- Source data

- - -

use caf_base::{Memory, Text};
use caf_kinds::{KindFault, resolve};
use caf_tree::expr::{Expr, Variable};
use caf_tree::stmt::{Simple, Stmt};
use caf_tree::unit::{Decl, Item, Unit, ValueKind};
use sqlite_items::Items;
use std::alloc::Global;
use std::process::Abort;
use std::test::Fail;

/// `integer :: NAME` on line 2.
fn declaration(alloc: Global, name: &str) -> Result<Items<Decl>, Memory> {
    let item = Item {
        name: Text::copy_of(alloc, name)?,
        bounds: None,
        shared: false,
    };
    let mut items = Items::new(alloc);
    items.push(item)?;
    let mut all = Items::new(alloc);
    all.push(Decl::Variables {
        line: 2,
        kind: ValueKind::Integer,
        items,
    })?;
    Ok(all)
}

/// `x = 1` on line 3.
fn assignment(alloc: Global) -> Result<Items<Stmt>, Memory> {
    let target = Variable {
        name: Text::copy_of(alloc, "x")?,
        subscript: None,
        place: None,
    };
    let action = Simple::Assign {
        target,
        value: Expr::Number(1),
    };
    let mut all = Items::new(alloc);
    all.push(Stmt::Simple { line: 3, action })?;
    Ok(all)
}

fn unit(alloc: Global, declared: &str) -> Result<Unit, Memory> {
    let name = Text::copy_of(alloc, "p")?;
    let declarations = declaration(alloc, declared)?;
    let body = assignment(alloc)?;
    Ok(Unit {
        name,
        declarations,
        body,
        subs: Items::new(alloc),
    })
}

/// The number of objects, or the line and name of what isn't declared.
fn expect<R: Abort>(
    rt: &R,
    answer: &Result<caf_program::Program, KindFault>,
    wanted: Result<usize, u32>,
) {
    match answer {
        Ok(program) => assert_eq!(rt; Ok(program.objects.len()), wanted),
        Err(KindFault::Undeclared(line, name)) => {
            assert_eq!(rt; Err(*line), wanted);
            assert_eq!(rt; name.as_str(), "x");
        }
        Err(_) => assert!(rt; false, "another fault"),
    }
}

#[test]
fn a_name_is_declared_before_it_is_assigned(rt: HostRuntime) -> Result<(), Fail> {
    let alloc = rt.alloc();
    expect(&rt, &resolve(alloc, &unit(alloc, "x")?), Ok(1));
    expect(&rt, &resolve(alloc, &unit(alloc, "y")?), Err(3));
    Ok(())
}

- - -

- Work task
With "Simple" as the string to look for, count the matching lines above and give the number by itself.

- Response
3